Cette fracture au sein de la résistance Hazara peut se résumer ainsi : d’une part, ceux qui défendent l’autonomie du Hazarajat au sein d’un Etat islamique fédéral, d’autre part, ceux qui défendent un fondamentalisme islamique et un Etat religieux centralisé sous la gouvernance d’un pouvoir autoritaire. Cela a entraîné l’avènement d’un conflit civil dès 1982 et l’influence croissante du Nasr et du Sepah, qui, d’après Jan-Heeren Grevemeyer, a marqué un changement de paradigme, d’une résistance anti-Soviet à un conflit interne dans un Afghanistan marqué par une fracture politique. Olivier Roy, lors de son voyage au Hazarajat en 1982, a pu constater que “le Hazarajat a, cet été-là, traversé une crise politique sans précédent... Une véritable guerre civile s'est développée.”

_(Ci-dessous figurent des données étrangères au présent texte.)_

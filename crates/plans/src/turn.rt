// With a call: which call or leg the clock falls to, and the outcome there. Calls are lent as columns.
ghost use Rattle.std.specs.Prelude.{◌≡◌, ◌+◌, ◌<◌, ◌≤◌, length};
ghost use Rattle.tables.specs.Pools.{pools_of};
ghost use Rattle.tables.specs.Bounds.{chart_bounds};
ghost use Rattle.verdicts.specs.Refuse.{refusal_of};
ghost use Rattle.checks.specs.Operations.{estimate_causes};
ghost use Rattle.sailings.specs.Sailing.{sailing_trip};
ghost use Rattle.timeline.specs.Turn.{turn_of};
ghost use Rattle.leg_paths.specs.Leg.{leg_count};
ghost use Rattle.voyages.specs.Outcome.{approach_status, approaching, under_way_at, towards_at, at_turn};
ghost use Rattle.call_places.specs.Places.{call_end};
ghost use Rattle.plans.specs.Plan.{course_of, row_end, approach_from, voyage_from};

use crate::leg::walk_leg;
use call_places::{at_call, call_end, departed};
use fractions::{approach_fraction, incoming, leg_fraction};
use ids::{Lent, cell, word};
use legs::Walked;
use paths::{End, Status};
use previous::previous_row;
use sailings::sailing_trip;
use scheduled_runs::run_seconds;
use tables::Tables;
use timeline::{Turn, moment, turn_of};
use trip_rows::stop_point;
use voyages::{Placed, on_leg};

// A row of the stop times as an end of a leg.
fn row_end(lent: &Lent, t: Tables, row: usize) -> End
    ensures { result ≡ row_end lent.now.words.now lent.now.reals.now t row }
{
    let sequences = t.times.sequence;
    let at = t.times.stop;
    let stops = t.stops;
    End {
        sequence: cell(lent.words, sequences, row),
        at: stop_point(lent.reals, stops, cell(lent.words, at, row) as usize),
    }
}

// On the leg from call k to the next.
fn under_way(
    lent: &Lent,
    t: Tables,
    trip: Option<usize>,
    rows: &[u32],
    stops: &[u32],
    arrivals: &[u64],
    departures: &[u64],
    clock: u64,
    k: usize,
) -> Placed
    requires trip_bound { leg_count lent.now.words.now (course_of t) trip ≤ 1000000 }
    requires k_bound { k < 256 }
    ensures { result ≡ under_way_at (voyage_from (pools_of lent.now) t trip rows.now stops.now arrivals.now departures.now) clock k }
{
    let from = call_end(lent, t, rows, stops, k);
    let to = call_end(lent, t, rows, stops, k + 1);
    let frac = leg_fraction(clock, moment(departures, k), moment(arrivals, k + 1));
    let walked = walk_leg(lent, t, k as u32 + 2, trip, from, to, frac);
    let status = walked.status;
    on_leg(walked, status, word(stops, k + 1) as usize, to.sequence)
}

// The status of an approach: nearly over, whatever the path, else the path's.
fn approach_status(frac: f64, walked: Walked) -> Status
    ensures { result ≡ approach_status frac walked }
{
    if incoming(frac) {
        return Status::IncomingAt;
    }
    walked.status
}

// Towards the first call: on the leg to it from a row of the stop times, or at it where there is none.
fn approach_from(
    lent: &Lent,
    t: Tables,
    trip: Option<usize>,
    rows: &[u32],
    stops: &[u32],
    arrivals: &[u64],
    departures: &[u64],
    clock: u64,
    before: Option<usize>,
) -> Placed
    requires { leg_count lent.now.words.now (course_of t) trip ≤ 1000000 }
    ensures { result ≡ approaching (voyage_from (pools_of lent.now) t trip rows.now stops.now arrivals.now departures.now) clock (approach_from lent.now.bytes.now lent.now.words.now lent.now.reals.now lent.now.dists.now t trip before (call_end lent.now.words.now lent.now.reals.now t rows.now stops.now 0)) }
{
    let Some(row) = before else {
        return at_call(lent, t, rows, stops, 0, Status::IncomingAt);
    };
    let trips = t.trips;
    let calls = t.times;
    let from = row_end(lent, t, row);
    let to = call_end(lent, t, rows, stops, 0);
    let run = run_seconds(lent.words, trips, calls, trip, from.sequence, to.sequence);
    let frac = approach_fraction(clock, moment(arrivals, 0), run);
    let walked = walk_leg(lent, t, 1, trip, from, to, frac);
    let status = approach_status(frac, walked);
    on_leg(walked, status, word(stops, 0) as usize, to.sequence)
}

// Towards the first call, unless she has departed.
fn towards(
    lent: &Lent,
    t: Tables,
    rows: &[u32],
    stops: &[u32],
    arrivals: &[u64],
    departures: &[u64],
    clock: u64,
) -> Placed
    requires { refusal_of (pools_of lent.now) (estimate_causes chart_bounds t) ≡ 0 }
    ensures { result ≡ towards_at (voyage_from (pools_of lent.now) t (sailing_trip lent.now.bytes.now lent.now.words.now lent.now.times.now t) rows.now stops.now arrivals.now departures.now) clock }
{
    let trips = t.trips;
    let calls = t.times;
    let places = t.stops;
    if moment(departures, 0) < clock {
        return departed(lent, t, rows, stops);
    }
    let trip = sailing_trip(lent, t);
    let to = call_end(lent, t, rows, stops, 0);
    let stop = word(stops, 0) as usize;
    let before = previous_row(lent, trips, calls, places, trip, to.sequence, stop);
    approach_from(
        lent, t, trip, rows, stops, arrivals, departures, clock, before,
    )
}

// At the turn that the clock falls to.
pub fn at_turn(
    lent: &Lent,
    t: Tables,
    rows: &[u32],
    stops: &[u32],
    arrivals: &[u64],
    departures: &[u64],
    clock: u64,
) -> Placed
    requires t_value { refusal_of (pools_of lent.now) (estimate_causes chart_bounds t) ≡ 0 }
    requires arrivals_len_bound { length arrivals.now ≤ 256 }
    ensures { result ≡ at_turn (voyage_from (pools_of lent.now) t (sailing_trip lent.now.bytes.now lent.now.words.now lent.now.times.now t) rows.now stops.now arrivals.now departures.now) clock (turn_of clock arrivals.now departures.now) }
{
    let turn = turn_of(arrivals, departures, clock);
    match turn {
        Turn::At(k) => at_call(lent, t, rows, stops, k, Status::StoppedAt),
        Turn::Between(k) => {
            let trip = sailing_trip(lent, t);
            under_way(lent, t, trip, rows, stops, arrivals, departures, clock, k)
        }
        Turn::Towards => towards(lent, t, rows, stops, arrivals, departures, clock),
        Turn::After => {
            let last = arrivals.len().saturating_sub(1);
            at_call(lent, t, rows, stops, last, Status::StoppedAt)
        }
    }
}
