// Without a call: at the best stop, if it can be placed. The Rust's `pin_at_best_stop`.
ghost use Rattle.std.specs.Prelude.{◌≡◌};
ghost use Rattle.calls.specs.Calls.{Ready, reported_of};
ghost use Rattle.best_rows.specs.Serving.{best_row};
ghost use Rattle.plans.specs.Plan.{pin_of, pin_at};
ghost use Rattle.voyages.specs.Outcome.{at_pin};

use best_rows::best_row;
use calls::{Reported, update_stop};
use ids::{Lent, cell};
use paths::Status;
use stop_rows::Lookup;
use tables::Tables;
use trip_rows::stop_point;
use voyages::{Placed, at_stop};

// What is reported of the sailing, and the tables that its stops are looked up in.
pub fn reported(t: Tables) -> Reported
    ensures { result ≡ reported_of t }
{
    let stops = t.stops;
    let stopkeys = t.stopkeys;
    let trips = t.trips;
    let tripkeys = t.tripkeys;
    let times = t.times;
    let updates = t.updates;
    let sailing = t.sailing;
    let lookup = Lookup {
        stops,
        stopkeys,
        trips,
        tripkeys,
        times,
    };
    Reported {
        lookup,
        updates,
        sailing,
    }
}

// At the stop of a row of the updates, if it is found.
fn at_row(lent: &Lent, t: Tables, row: usize, stop: Option<usize>) -> Option<Placed>
    ensures { result ≡ at_pin (pin_of lent.now.words.now lent.now.reals.now t row stop) }
{
    let Some(stop) = stop else {
        return None;
    };
    let s = t.stops;
    let sequences = t.updates.sequence;
    Some(at_stop(
        1,
        stop_point(lent.reals, s, stop),
        Status::InTransitTo,
        stop,
        cell(lent.words, sequences, row),
    ))
}

// At the best stop's, if there is one and it can be placed.
pub fn pin(lent: &Lent, t: Tables) -> Option<Placed>
    requires { Ready lent.now.bytes.now lent.now.words.now (reported_of t) }
    ensures { result ≡ at_pin (pin_at lent.now.bytes.now lent.now.words.now lent.now.reals.now t (best_row lent.now.bytes.now t.updates lent.now.words.now)) }
{
    let updates = t.updates;
    let Some(row) = best_row(lent, updates) else {
        return None;
    };
    at_row(lent, t, row, update_stop(lent, reported(t), row))
}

III. Une reconfiguration du pouvoir : les communautés Hazaras face aux talibans
A) De la prise de pouvoir des talibans jusqu’à leur chute en 2001
1989 marque le retrait soviétique et, en 1992, la fin du gouvernement communiste en Afghanistan suite à des combats entre les forces gouvernementales et l’opposition. Toutefois, ce n'est pas une atmosphère de paix, mais des affrontements pour le contrôle du pays et des institutions administratives qui prirent place entre les groupes de moudjahidins dispersés. Instable et faible, le pouvoir politique, malgré la mise en place d’un gouvernement de coalition, a succombé à l’anarchie. Les talibans, “nouvelle force politique et militaire”, font leur entrée sur la scène politique dès la toute fin de 1994. Prônant la délivrance de l’Afghanistan des “groupes de moudjahidins corrompus”, les talibans ont entrepris la conquête des territoires afghans.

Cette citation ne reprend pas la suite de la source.